A relação com o tio distante – mas cada vez mais renomado – iria produzir um episódio desconcertante, se não caricato. Tio e sobrinho correspondiam-se com razoável assiduidade. Nas cartas, subjazia o desconforto de Freud em ver o sobrinho tão viciado na droga do consumismo. De repente, a sutil reposta de Eddie: convidar Herr Doktor a entrar no jogo. 

Freud refugiara-se em Londres quando o terror nazista começou a perseguir os judeus alemães e austríacos. Para reforçar o orçamento da família exilada, Eddie – que já agenciava o tio junto às editoras norte-americanas – inventou de pagar a Freud uma consultoria a respeito da correta cor da embalagem de um novo cigarro Lucky Strike. Freud, que estava longe de ser designer, apostou no verdinho-água. O palpite era um desastre – nunca foi adotado.
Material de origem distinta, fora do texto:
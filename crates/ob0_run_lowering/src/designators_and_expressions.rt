//! Lowers designators and expressions. Loops visit the operands of a chain of operators and the
//! selectors of a designator. Recursion visits nested expressions.
//!
//! Code and meaning are separate. `specs/OperationCodes` and `specs/TreeCodes` define the code of a
//! tree by functions that compute it (`expression_code`), and each function here returns this code.
//! An induction over trees (`proofs/TreesMean`) shows by the laws of `ob0_run_cells` that this code
//! is correct for the tree. No proof about a function mentions cells, or moments of a run
//! (`Moment`: the store, the names and the activations). The types of places come from the table of
//! declarations. Only the field `bound` of `SceneAgreesWithChecker` relates these types to the
//! types that the checker found. The table also has types of variables that aren't in scope, and
//! nothing is claimed about these types.

ghost use Rattle.std.specs.Prelude.{◌≡◌, IfOk, Some, option_and_then, option_map, pos};
ghost use Rattle.ob0_tree.specs.TokenIndexLeaves.{token_value_at};
ghost use Rattle.ob0_tree.specs.View.{compound_expression_of, designator_of, expression_of, factor_of, selector_of, simple_expression_of, term_of};
ghost use Rattle.ob0_tree.specs.declared.tree.Designator.{out-Designator};
ghost use Rattle.ob0_language_names.specs.Names.{label_text};
ghost use Rattle.ob0_types_table.specs.DeclarationTables.{shapes_of};
ghost use Rattle.ob0_types_table.specs.DeclarationTableView.{type_shape};
ghost use Rattle.ob0_language_types.specs.Bindings.{variable_shape};
ghost use Rattle.ob0_scope_table.specs.LabelledTrees.{tree_with_labels, label_at_token};
ghost use Rattle.ob0_language_types.specs.DesignatorSelectors.{selectors_of_designator};
ghost use Rattle.ob0_language_types.specs.Typing.{value_of_constant_object};
ghost use Rattle.ob0_language_values.specs.Scalars.{scalar_value};
ghost use Rattle.ob0_run_machine.specs.LoweredCodeViews.{number_of};
ghost use Rattle.ob0_run_lowering.specs.TruthDepths.{IsNotNestedOnLeft};
ghost use Rattle.ob0_run_lowering.specs.OperationCodes.{a_number, constant_code, element_place_with_shape, element_of_optional_place, record_field_place, code_of_value_at_place, code_of_value_at_optional_place};
ghost use Rattle.ob0_run_lowering.specs.Scenes.{object_of_label};
ghost use Rattle.ob0_run_lowering.specs.TreeCodes.{variable_place_of_label, expression_code_of, expression_code, factor_code, place_with_shape_of, place_after_selector, selected_place, simple_expression_code, term_code};

use crate::lowered_expression::{LoweredExpression, TypedPlace};
use crate::operators::{
    lower_addition, lower_multiplication, lower_negation, lower_relation, lower_signed_term,
};
use crate::places::{number_at_place, place_of_element, shifted_place};
use crate::scene::Scene;
use ob0_language_values::Scalar;
use ob0_run_machine::code::{Number, Truth};
use ob0_tree::{
    Comparison, CompoundExpression, Designator, Expression, Factor, Selector, SimpleExpression,
    Term, token_text_at,
};
use ob0_types_table::{Object, TypeId, TypeWithParts, integer_value_at_token};
use std::alloc::{AllocError, Global};

fn lower_constant(value: Scalar) -> LoweredExpression
    ensures code { expression_code_of result ≡ constant_code (scalar_value value) }
    ensures flat { IsNotNestedOnLeft result }
{
    match value {
        Scalar::Number(number) => LoweredExpression::Number(Number::Literal(number)),
        Scalar::Truth(truth) => LoweredExpression::Truth(Truth::Constant(truth)),
    }
}
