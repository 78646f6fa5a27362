//! Defines the code of an expression or a designator.

use ob0_run_machine::code::{Number, Place, Truth};
use ob0_types_table::TypeId;

/// The code of an expression. It has a case for each kind of type, and a case without code.
#[derive(Drop)]
pub enum LoweredExpression {
    Number(Number),
    Truth(Truth),
    /// The cells of an array or a record: the place of the first cell, and the number of cells.
    Block(Place, usize),
    /// No code. Each expression of a well-typed module has code. If code is needed in this case,
    /// lowering uses 0 as a number, FALSE as a truth, and the module's first cell as a place.
    NoCode,
}

/// The place of a designator in lowered code, and the type of the value there.
#[derive(Drop)]
pub struct TypedPlace {
    pub place: Place,
    pub type_id: TypeId,
}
Em prol do fumo, Eddie Bernays, o mestre de cerimônias da grande farsa, ainda iria fazer uso, outras vezes, de suas ferramentas de dissuasão e de seus bem remunerados poderes de ilusionista. Mas, como notou seu biógrafo Larry Tye (The Father of Spin, Crown Publishers, NY, 1998, 306 páginas), Bernays, sempre agudo na hora de ressalvar seus verdadeiros interesses, chegou aos 104 anos invicto. Sem botar um único cigarro na boca.